--- Listed entries ---
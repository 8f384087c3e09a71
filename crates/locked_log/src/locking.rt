//! The value under the lock, as the calls of a seat see it.

ghost use Rattle.std.specs.Prelude.{◌≡◌, ◌≤◌, ◌↔◌, Err, IfErr, IsTrue, MatchBool};
ghost use Rattle.locked_log.specs.Applies.{Advances, Attempts, ClaimsHeld, DoesNotSettle, Enters, Proceeds, Settles};
ghost use Rattle.locked_log.specs.Applies.{Tries};
ghost use Rattle.locked_log.specs.Held.{held};
ghost use Rattle.locked_log.specs.States.{Lasts};
ghost use Rattle.locked_log.specs.Steps.{PushesHeld};
ghost use Rattle.store_seat.specs.Claims.{ClaimsSeat};
ghost use Rattle.store_seat.specs.Seats.{answered};
ghost use Rattle.store_seat.specs.Shared.{AdvancesSeat, AttemptsSeat, ProceedsSeat, TriesSeat};
ghost use Rattle.store_seat.specs.Stops.{StopsPush};

use crate::state::State;
use history_row::Receipt;
use replica::Fleet;
use store_seat::{Applied, Attempt, CallFault, Log, Naming, Progress, Seat};
use store_step::CleanTurn;
use store_step::master::{Command, Refusal, Reply};

impl<F: Fleet, B: Naming> State<F, B> {
    /// Applies one command of this seat, and then marks the seat as answered up to its record, if that is durable.
    fn enter_held(&mut self, seat: &mut Seat<B>, command: &Command) -> Result<Applied, CallFault>
        ensures enters { Enters (held F.state self.old) seat.old command.now result (held F.state self.new) seat.new }
        ensures lasts { Lasts 1 (held F.state self.old) (held F.state self.new) }
    {
        let (place, reply) = match self.apply_held(seat, command) {
            Ok(applied) => applied,
            Err(fault) => return Err(fault),
        };
        let is_answered = self.settle_held(seat, place);
        Ok(Applied {
            place,
            reply,
            is_answered,
        })
    }

    /// Marks the seat as answered up to the place of its record, if that is durable. If the book's numbers of the seat
    /// aren't the seat's own, all later calls are refused.
    fn proceed_held(&mut self, seat: &mut Seat<B>, place: u64) -> Progress
        requires { seat.old.first ≤ place }
        ensures seat { ProceedsSeat seat.old place result seat.new }
        ensures held { Proceeds (held F.state self.old) seat.old place result (held F.state self.new) seat.new }
        ensures lasts { Lasts 0 (held F.state self.old) (held F.state self.new) }
    {
        if self.settle_held(seat, place) {
            return Progress::Answered;
        }
        if self.knows(seat) {
            return Progress::Waits;
        }
        self.is_refused = true;
        Progress::Unknown
    }

    /// Makes one push. It is no refusal if nothing waits, since another thread made the push. Nor is it one if a
    /// backup fails in the push: then a failover is open, which further pushes end.
    fn push_held(&mut self) -> Result<(), Refusal>
        ensures stops { IfErr result StopsPush }
        ensures pushes { PushesHeld (held F.state self.old) result (held F.state self.new) }
        ensures lasts { Lasts 1 (held F.state self.old) (held F.state self.new) }
    {
        match self.step_held(CleanTurn::Push) {
            Ok(_) => Ok(()),
            Err(refusal) => match refusal {
                Refusal::Nothing => Ok(()),
                Refusal::Lost(_) => Ok(()),
                _ => Err(refusal),
            },
        }
    }
}

impl<F: Fleet, B: Naming> Log<B> for State<F, B> {
    fn apply(&mut self, seat: &mut Seat<B>, command: &Command) -> Option<Result<Applied, CallFault>>
        ensures seat { TriesSeat seat.old command.now result seat.new }
        ensures held { Tries (held F.state self.old) seat.old command.now result (held F.state self.new) seat.new }
        ensures lasts { Lasts 1 (held F.state self.old) (held F.state self.new) }
    {
        let made = self.enter_held(seat, command);
        if is_rolling(&made) {
            return None;
        }
        Some(made)
    }

    fn attempt(&mut self, seat: &mut Seat<B>, command: &Command) -> Attempt
        ensures seat { AttemptsSeat seat.old command.now result seat.new }
        ensures held { Attempts (held F.state self.old) seat.old command.now result (held F.state self.new) seat.new }
        ensures lasts { Lasts 1 (held F.state self.old) (held F.state self.new) }
    {
        if !self.waits_for_roll(seat, command) {
            return Attempt::Done(self.enter_held(seat, command));
        }
        match self.step_held(CleanTurn::BeginRoll) {
            Ok(_) => Attempt::Waits(None),
            Err(refusal) => Attempt::Waits(Some(refusal)),
        }
    }

    fn advance(&mut self, seat: &mut Seat<B>, place: u64) -> Result<Progress, Refusal>
        requires { seat.old.first ≤ place }
        ensures seat { AdvancesSeat seat.old place result seat.new }
        ensures held { Advances (held F.state self.old) seat.old place result (held F.state self.new) seat.new }
        ensures lasts { Lasts 1 (held F.state self.old) (held F.state self.new) }
    {
        match self.proceed_held(seat, place) {
            Progress::Answered => return Ok(Progress::Answered),
            Progress::Unknown => return Ok(Progress::Unknown),
            Progress::Waits => {}
        }
        match self.push_held() {
            Ok(()) => {}
            Err(refusal) => return Err(refusal),
        }
        Ok(self.proceed_held(seat, place))
    }

    fn settle(&mut self, seat: &mut Seat<B>, place: u64) -> bool
        requires { seat.old.first ≤ place }
        ensures seat { MatchBool result (seat.new ≡ answered seat.old place) (seat.new ≡ seat.old) }
        ensures settles { MatchBool result
            (Settles (held F.state self.old) seat.old place (held F.state self.new) seat.new)
            (DoesNotSettle (held F.state self.old) seat.old place (held F.state self.new) seat.new) }
    {
        self.settle_held(seat, place)
    }

    fn claim(&mut self, seat: &Seat<B>, place: u64) -> Result<(Reply, Receipt<B>), CallFault>
        ensures seat { ClaimsSeat seat.now place result }
        ensures claims { ClaimsHeld (held F.state self.old) seat.now place result }
        ensures same { held F.state self.new ≡ held F.state self.old }
    {
        self.claim_held(seat, place)
    }

    fn push(&mut self) -> Result<(), Refusal>
        ensures stops { IfErr result StopsPush }
        ensures pushes { PushesHeld (held F.state self.old) result (held F.state self.new) }
        ensures lasts { Lasts 1 (held F.state self.old) (held F.state self.new) }
    {
        self.push_held()
    }
}

/// Whether a command was refused since a roll has to come first.
fn is_rolling(made: &Result<Applied, CallFault>) -> bool
    ensures { IsTrue result ↔ (made.now ≡ Err (CallFault.Refused Refusal.Rolling)) }
{
    match made {
        Ok(_) => false,
        Err(fault) => match fault {
            CallFault::Refused(refusal) => *refusal == Refusal::Rolling,
            _ => false,
        },
    }
}
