//! A store that goes on where another one was paused.

ghost use Rattle.std.specs.Prelude.{◌≡◌, ◌≤◌, ◌+◌, [], IfOk, MatchResult, drop, length};
ghost use Rattle.history_row.specs.Rows.{IsRowOf};
ghost use Rattle.locked_log.specs.Made.{IsMade};
ghost use Rattle.locked_log.specs.Renews.{AreFiled, AreSeatsAgain};
ghost use Rattle.store_step.specs.master.World.{world};

use crate::blank::Blank;
use crate::pausing::Paused;
use crate::refiling::{file_all, open_again, seat_again};
use crate::state::State;
use crate::store::Store;
use entry::NoMemory;
use history_row::Row;
use mark_word::Mark;
use replica::Fleet;
use std::alloc::Global;
use std::sync::ledger::Book;
use store_seat::{Account, Naming, Seat, Shared};

/// What a store that goes on has beside its master, and its seats.
#[derive(Drop)]
struct Files<B: Naming> {
    book: Vec<Account>,
    total: Book<B>,
    row: Row<B>,
    seats: Vec<Seat<B>>,
    mark: Mark,
}

/// The seats of a store that goes on, and all that it has beside its master.
fn refile<F: Fleet, B: Naming>(
    alloc: Global,
    blank: Blank,
    paused: &Paused<F>,
) -> Result<Files<B>, NoMemory>
    requires empty { IsRowOf blank.row [] }
    requires room { length paused.now.master.knows.history ≤ paused.now.start + length blank.row }
    requires seats { blank.seats ≡ length paused.now.book }
    requires cells { (blank.cells ≡ B.cells) × (blank.seats ≡ B.made.seats) }
    requires start { B.start ≡ paused.now.start }
    requires ledger { (blank.name ≡ B.name) × (blank.parts ≡ B.parts) }
    requires mark { blank.table ≡ B.table }
    ensures filed { IfOk result (λ f. AreFiled paused.now.book
        (drop paused.now.start paused.now.master.knows.history) f.row f.book.items f.total.total f.seats.items) }
    ensures mark { IfOk result (λ f. (f.mark.shared.table_id ≡ B.table) × (f.mark.shared.table_id.words ≡ 1)) }
{
    paused.show_valid();
    let Blank {
        cells,
        ledger,
        mark,
        pen,
        seats: _,
    } = blank;
    let (mut total, share) = ledger.open::<B>();
    let mut row = cells.named::<B>(paused.start() as usize);
    let old = paused.book();
    let Ok(mut book) = open_again(alloc, old) else {
        return Err(NoMemory);
    };
    let Ok(mut seats) = seat_again::<B>(alloc, &mark, pen, share, old) else {
        return Err(NoMemory);
    };
    let history = paused.history();
    let filed = file_all(
        alloc, history, old, &mut row, &mut book, &mut total, &mut seats,
    );
    match filed {
        Ok(()) => Ok(Files {
            book,
            total,
            row,
            seats,
            mark,
        }),
        Err(fault) => Err(fault),
    }
}

impl<F: Fleet, B: Naming> Store<F, B> {
    /// Makes the store that goes on where one was paused, over the same master, and its seats. Each seat is there under
    /// its number and with its first number, and can settle what it could settle before. The mark begins anew. If
    /// memory runs out, what was paused comes back as it was. It copies nothing of a record.
    pub fn renew(
        alloc: Global,
        blank: Blank,
        paused: Paused<F>,
    ) -> Result<(Store<F, B>, Vec<Seat<B>>), (NoMemory, Paused<F>)>
        requires empty { IsRowOf blank.row [] }
        requires room { length paused.master.knows.history ≤ paused.start + length blank.row }
        requires seats { blank.seats ≡ length paused.book }
        // The brand is the one that names the blank and what was paused.
        requires cells { (blank.cells ≡ B.cells) × (blank.seats ≡ B.made.seats) }
        requires start { B.start ≡ paused.start }
        requires ledger { (blank.name ≡ B.name) × (blank.parts ≡ B.parts) }
        requires mark { blank.table ≡ B.table }
        requires made { IsMade B.made (world F.state paused.master) }
        ensures { MatchResult result
            (λ r. AreSeatsAgain paused.book (drop paused.start paused.master.knows.history) r.1.items)
            (λ e. e.1 ≡ paused) }
    {
        paused.show_valid();
        let Files {
            book,
            total,
            row,
            seats,
            mark,
        } = match refile::<F, B>(alloc, blank, &paused) {
            Ok(files) => files,
            Err(fault) => return Err((fault, paused)),
        };
        let state = State {
            alloc,
            master: paused.into_master(),
            book,
            total,
            row,
            is_refused: false,
        };
        let store = Store {
            shared: Shared::new(state, mark),
        };
        Ok((store, seats))
    }
}
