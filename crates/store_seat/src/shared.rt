//! The calls of a seat over a log that threads share.

ghost use Rattle.std.specs.Prelude.{◌≡◌, ◌≤◌, false, max, OnOk, IfErr, IfSome, MatchBool};
ghost use Rattle.store_seat.specs.Calls.{Calls, IsLeft, met};
ghost use Rattle.store_seat.specs.Claims.{SettlesSeat};
ghost use Rattle.store_seat.specs.Seats.{SeatValue, answered};
ghost use Rattle.store_seat.specs.Shared.{MakesSeat};
ghost use Rattle.store_seat.specs.Stops.{RefusesCall, RefusesRoll};

use crate::fault::CallFault;
use crate::log::{Applied, Attempt, Log, Progress};
use crate::naming::Naming;
use crate::seat::Seat;
use crate::waiting::take;
use history_row::Receipt;
use mark_word::{Mark, load, raise};
use master_core::Refusal;
use std::marker::PhantomData;
use std::sync::{Mutex, Wait};
use versioned_map::{Command, Reply};

/// A log under a lock, and the mark, which nobody waits for.
#[derive(Drop)]
pub struct Shared<L: Log<B>, B: Naming> {
    pub state: Mutex<L>,
    pub(crate) mark: Mark,
    pub(crate) of: PhantomData<B>,
    pub ghost named: { mark.shared.table_id ≡ B.table },
    pub ghost one_word: { mark.shared.table_id.words ≡ 1 },
}

impl<L: Log<B>, B: Naming> Shared<L, B> {
    /// This log, to be shared, and this mark beside it.
    pub fn new(log: L, mark: Mark) -> Shared<L, B>
        requires { (mark.shared.table_id ≡ B.table) × (mark.shared.table_id.words ≡ 1) }
    {
        Shared {
            state: Mutex::new(log),
            mark,
            of: PhantomData,
        }
    }

    /// Takes the log out, without the mark.
    pub fn into_log(self) -> L {
        let Shared {
            state,
            mark: _,
            of: _,
        } = self;
        state.into_inner()
    }

    /// Takes the log and the mark out, for whoever shares them again with another log around this one.
    pub fn into_parts(self) -> (L, Mark)
        ensures mark { result.1 ≡ self.mark }
        ensures named { (result.1.shared.table_id ≡ B.table) × (result.1.shared.table_id.words ≡ 1) }
    {
        let Shared { state, mark, of: _ } = self;
        (state.into_inner(), mark)
    }

    /// The greatest place to which any seat raised the mark. It waits for nobody, and takes no memory.
    pub fn mark(&self, seat: &mut Seat<B>) -> u64
        ensures value { (seat.old.mark.seen ≤ result) × (seat.old.mark.raised ≤ result) }
        ensures seat { seat.new ≡ record seat.old {
          mark = record { raised = seat.old.mark.raised; seen = result };
        } }
    {
        load(&self.mark, &mut seat.pen)
    }

    /// Raises the mark to the receipt's place. It waits for nobody, and takes no memory.
    pub fn raise(&self, seat: &mut Seat<B>, receipt: &Receipt<B>)
        ensures { seat.new ≡ record seat.old {
          mark = record { raised = max seat.old.mark.raised receipt.now.place; seen = seat.old.mark.seen };
        } }
    {
        raise(&self.mark, &mut seat.pen, receipt.place())
    }

    /// Applies one command, and answers once its record is durable. The call rolls and pushes one step at a time, and
    /// frees the lock between the steps. It pushes an open failover to its end, whoever opened it. After Unsure or
    /// CellRefused the command may have been applied.
    pub fn ask<R: Wait>(
        &self,
        rt: &R,
        seat: &mut Seat<B>,
        command: &Command,
    ) -> Result<(Reply, Receipt<B>), CallFault>
        ensures { Calls seat.old command.now result seat.new }
    {
        let Applied {
            place,
            reply,
            is_answered,
        } = match self.apply(rt, seat, command) {
            Ok(applied) => applied,
            Err(fault) => return Err(fault),
        };
        match self.conclude(rt, seat, place, is_answered) {
            Ok(()) => {}
            Err(fault) => return Err(fault),
        }
        match &mut seat.last {
            Some(receipt) => Ok((reply, receipt.again())),
            None => unreachable!(),
        }
    }

    /// Goes on with the record at this place, which a call of this seat left without an answer, and answers once the
    /// record is durable. It adds no record.
    pub fn settle<R: Wait>(
        &self,
        rt: &R,
        seat: &mut Seat<B>,
        place: u64,
    ) -> Result<(Reply, Receipt<B>), CallFault>
        ensures { SettlesSeat seat.old place result seat.new }
    {
        let mut answer = match take(rt, &self.state).claim(seat, place) {
            Ok(answer) => answer,
            Err(fault) => return Err(fault),
        };
        seat.compare(&mut answer.1);
        match self.finish(rt, seat, place) {
            Ok(()) => Ok(answer),
            Err(fault) => Err(fault),
        }
    }

    /// Applies the command, and rolls before that if it has to.
    fn apply<R: Wait>(
        &self,
        rt: &R,
        seat: &mut Seat<B>,
        command: &Command,
    ) -> Result<Applied, CallFault>
        ensures { MakesSeat seat.old command.now result seat.new }
    {
        // A statement of its own, so that the lock is free again before the roll.
        let tried = take(rt, &self.state).apply(seat, command);
        match tried {
            Some(result) => result,
            None => self.roll_and_apply(rt, seat, command),
        }
    }

    /// Rolls, and then applies the command.
    fn roll_and_apply<R: Wait>(
        &self,
        rt: &R,
        seat: &mut Seat<B>,
        command: &Command,
    ) -> Result<Applied, CallFault>
        ensures { MakesSeat seat.old command.now result seat.new }
    {
        for _ in rt.forever() {
            let refusal = match take(rt, &self.state).attempt(seat, command) {
                Attempt::Done(result) => return result,
                Attempt::Waits(refusal) => refusal,
            };
            if let Err(refusal) = self.roll(rt, refusal) {
                return Err(CallFault::Refused(refusal));
            }
        }
        unreachable!()
    }

    /// Goes on with a roll that was begun, or that could not be begun for this reason.
    fn roll<R: Wait>(&self, rt: &R, refusal: Option<Refusal>) -> Result<(), Refusal>
        requires { IfSome refusal RefusesRoll }
        ensures { IfErr result RefusesCall }
    {
        match refusal {
            None => Ok(()),
            Some(Refusal::Rolling) => take(rt, &self.state).push(),
            Some(refusal) => Err(refusal),
        }
    }

    /// Does the same as `finish`, unless the seat was answered already.
    fn conclude<R: Wait>(
        &self,
        rt: &R,
        seat: &mut Seat<B>,
        at: u64,
        is_answered: bool,
    ) -> Result<(), CallFault>
        requires { is_answered ≡ false → seat.old.first ≤ at }
        ensures ok { OnOk result (MatchBool is_answered (seat.new ≡ seat.old) (seat.new ≡ answered seat.old at)) }
        ensures err { IfErr result (λ e. (is_answered ≡ false) × (seat.new ≡ seat.old) × IsLeft at e) }
    {
        if is_answered {
            return Ok(());
        }
        self.finish(rt, seat, at)
    }

    /// Pushes until the record at this place is durable, and the seat was answered up to it.
    fn finish<R: Wait>(&self, rt: &R, seat: &mut Seat<B>, place: u64) -> Result<(), CallFault>
        requires { seat.old.first ≤ place }
        ensures ok { OnOk result (seat.new ≡ answered seat.old place) }
        ensures err { IfErr result (λ e. (seat.new ≡ seat.old) × IsLeft place e) }
    {
        for _ in rt.forever() {
            match take(rt, &self.state).advance(seat, place) {
                Ok(Progress::Answered) => return Ok(()),
                Ok(Progress::Unknown) => return Err(CallFault::CellRefused),
                Ok(Progress::Waits) => {}
                Err(refusal) => return Err(CallFault::Unsure(place, refusal)),
            }
        }
        unreachable!()
    }

    /// Shows the seat a receipt of any seat: every place that the seat is answered later is above that of the receipt.
    /// Answers whether the receipt was shown. If not, nothing changed.
    pub fn meet<R: Wait>(&self, rt: &R, seat: &mut Seat<B>, receipt: &Receipt<B>) -> bool
        ensures { MatchBool result (seat.new ≡ met seat.old receipt.now.place)
            ((seat.new ≡ seat.old) × (seat.old.first ≤ receipt.now.place)) }
    {
        let place = receipt.place();
        if place < seat.first {
            return true;
        }
        take(rt, &self.state).settle(seat, place)
    }
}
---
■ What is expected
All lines above that contain "Enters" are required in the answer.

■ Exercise solution
ghost use Rattle.locked_log.specs.Applies.{Advances, Attempts, ClaimsHeld, DoesNotSettle, Enters, Proceeds, Settles};
        ensures enters { Enters (held F.state self.old) seat.old command.now result (held F.state self.new) seat.new }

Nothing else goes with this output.